- Born: 1796 Kingston upon Hull, Yorkshire, England
- Died: 1870 (aged 73–74) Birchgrove, Colony of New South Wales
- Relatives: William Welch Deloitte (nephew)

= William Deloitte =

English ship captain, trader, and land owner (1796–1870)

William Salmon Deloitte (1796–1870) was an English ship captain, trader, and land owner.

== Biography ==
Deloitte was born in 1796 in Kingston upon Hull. His father, Jean Baptiste Deloitte, was a wealthy citizen of Arras in northern France, believed to have fled at the outbreak of the French Revolution. Jean Baptiste Deloitte had three sons including William. The eldest of the sons was John Onuphre Deloitte, the father of William Welch Deloitte, founder of British accounting firm, Deloitte.

In 1826, Deloitte was the captain of the ship Faith on its first voyage to Sydney. This was the first of many voyages between Australia, New Zealand, South America, Asia, and Britain. He was also the captain of the former convict ship Florentia, bringing some of the earliest settlers to the Colony of Australia as passengers.

In November 1826, Deloitte was acting for a Sydney firm alongside William Stewart in Horeke, trading with Muriwai, as well as other sellers.

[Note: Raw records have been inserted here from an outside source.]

//! What the words of a reason quote of a text.

use arrayvec::ArrayString;
use binary_decoder::{Cause, Cursor, DecodeFault, ItemFault};
use pick_schedule::{ScheduleCause, ScheduleFault};
use text_lines::{Parts, Quoted, without_end};
use thread_plan::{PlanCause, PlanFault};

/// Quoted bytes of a text, at most 40, and `..` where there are more; nothing where nothing is quoted.
pub type Quote = ArrayString<42>;

/// What is quoted of an import: its two names; nothing where none is refused.
#[derive(Clone, Copy, Debug, PartialEq, Eq)]
pub struct ImportNames {
    pub module: Quote,
    pub name: Quote,
}

impl ImportNames {
    /// Of no import.
    fn none() -> ImportNames {
        ImportNames {
            module: Quote::new(),
            name: Quote::new(),
        }
    }
}

/// The names of the import that stands at the beginning of these bytes.
fn names_in(bytes: &[u8]) -> ImportNames {
    let mut cursor = Cursor::new(bytes, 0);
    let Ok(module) = cursor.name() else {
        return ImportNames::none();
    };
    let Ok(name) = cursor.name() else {
        return ImportNames::none();
    };
    ImportNames {
        module: Quoted { bytes: module }.text(),
        name: Quoted { bytes: name }.text(),
    }
}

/// What the words of a fault quote of the bytes of a module: the names of an import that is no memory.
pub fn import_names(bytes: &[u8], fault: &DecodeFault) -> ImportNames {
    match *fault {
        DecodeFault::Refused {
            cause: Cause::Item(ItemFault::Import { names, .. }),
            ..
        } if (names as usize) < bytes.len() => {
            let (_, import) = bytes.split_at(names as usize);
            names_in(import)
        }
        _ => ImportNames::none(),
    }
}

/// What is quoted of a line.
#[derive(Clone, Copy)]
enum Part {
    Line,
    /// The word of that number, from 0 on.
    Word(u32),
    Nothing,
}

/// A part of the line of that number, from 1 on.
fn quote(text: &[u8], line: u64, part: Part) -> Quote {
    let lines = Parts::new(without_end(text), b'\n');
    let Some(line) = lines.part_at(line.saturating_sub(1)) else {
        return Quote::new();
    };
    let bytes = match part {
        Part::Line => Some(line),
        Part::Word(word) => Parts::new(line, b' ').part_at(u64::from(word)),
        Part::Nothing => None,
    };
    match bytes {
        Some(bytes) => Quoted { bytes }.text(),
        None => Quote::new(),
    }
}

/// What the words of a cause quote of a plan's line.
fn plan_part(cause: PlanCause) -> Part {
    match cause {
        PlanCause::FirstLine => Part::Line,
        PlanCause::FirstWord => Part::Word(0),
        PlanCause::NotUtf8 | PlanCause::NoFunction => Part::Word(1),
        PlanCause::Argument { argument, .. } => Part::Word(argument.saturating_add(1)),
        _ => Part::Nothing,
    }
}

/// What the words of a fault quote of the text of a plan.
pub fn plan_quote(text: &[u8], fault: &PlanFault) -> Quote {
    match *fault {
        PlanFault::BadLine { line, cause } => quote(text, line, plan_part(cause)),
        PlanFault::NoExport { line, cause } => quote(text, line, plan_part(cause)),
        PlanFault::WrongArguments { line, cause } => quote(text, line, plan_part(cause)),
        _ => Quote::new(),
    }
}

/// What the words of a cause quote of a schedule's line.
fn schedule_part(cause: ScheduleCause) -> Part {
    match cause {
        ScheduleCause::FirstWord => Part::Word(0),
        ScheduleCause::Thread => Part::Word(1),
        ScheduleCause::Times => Part::Word(2),
        _ => Part::Nothing,
    }
}

/// What the words of a fault quote of the text of a schedule.
pub fn schedule_quote(text: &[u8], fault: &ScheduleFault) -> Quote {
    match *fault {
        ScheduleFault::BadLine { line, cause } => quote(text, line, schedule_part(cause)),
        ScheduleFault::NoMemory => Quote::new(),
    }
}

In 1838, Deloitte established a mercantile business, leasing buildings on George Street in Sydney, which were formerly owned by auctioneer Abraham Solomon Polack. In that same year, he married Elizabeth Marlay, daughter of Major Marlay. They had 12 children together, including William Henry Deloitte, a public accountant and advocate for sugar growing in the Clarence and Richmond regions.

In 1840, he purchased 2000 acres in the Hokianga region and in 1841, he purchased James Bettington's former home and wharf at Miller's Point, which is now part of Barangaroo Headland. After retiring from his mercantile business, he became an adviser on port management for the Government of New South Wales.

He died in 1870 at Birchgrove, where he had retired to a villa overlooking the harbour.